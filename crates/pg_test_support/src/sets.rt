//! Sets of vertices below 32 as numbers, whose bits are their members.

ghost use Rattle.std.specs.Prelude.{◌≡◌, IfOk, length};

use pg_game::{Mask, Memory};
use std::alloc::Global;

pub fn bit(v: u32) -> u32 {
    if v < 32 { 1 << v } else { 0 }
}

pub fn has(set: u32, v: u32) -> bool {
    set & bit(v) != 0
}

/// The members, rising.
pub fn vertices_of(alloc: Global, set: u32) -> Result<Vec<u32>, Memory> {
    let mut vertices = Vec::new(alloc);
    for v in 0..32 {
        if has(set, v) {
            vertices.push(v)?;
        }
    }
    Ok(vertices)
}

/// The mask of length `n` with the members of a set.
pub fn mask_of(alloc: Global, n: u32, set: u32) -> Result<Mask, Memory>
    ensures { IfOk result (λ m. length m ≡ n) }
{
    let mut mask = Mask::empty(alloc, n)?;
    'vertices: for v in 0..n {
        if has(set, v) {
            mask.insert(v);
        }
    }
    Ok(mask)
}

Assigned task
Look through the entries and return every line where "Global" appears.

Result
use std::alloc::Global;
pub fn vertices_of(alloc: Global, set: u32) -> Result<Vec<u32>, Memory> {
pub fn mask_of(alloc: Global, n: u32, set: u32) -> Result<Mask, Memory>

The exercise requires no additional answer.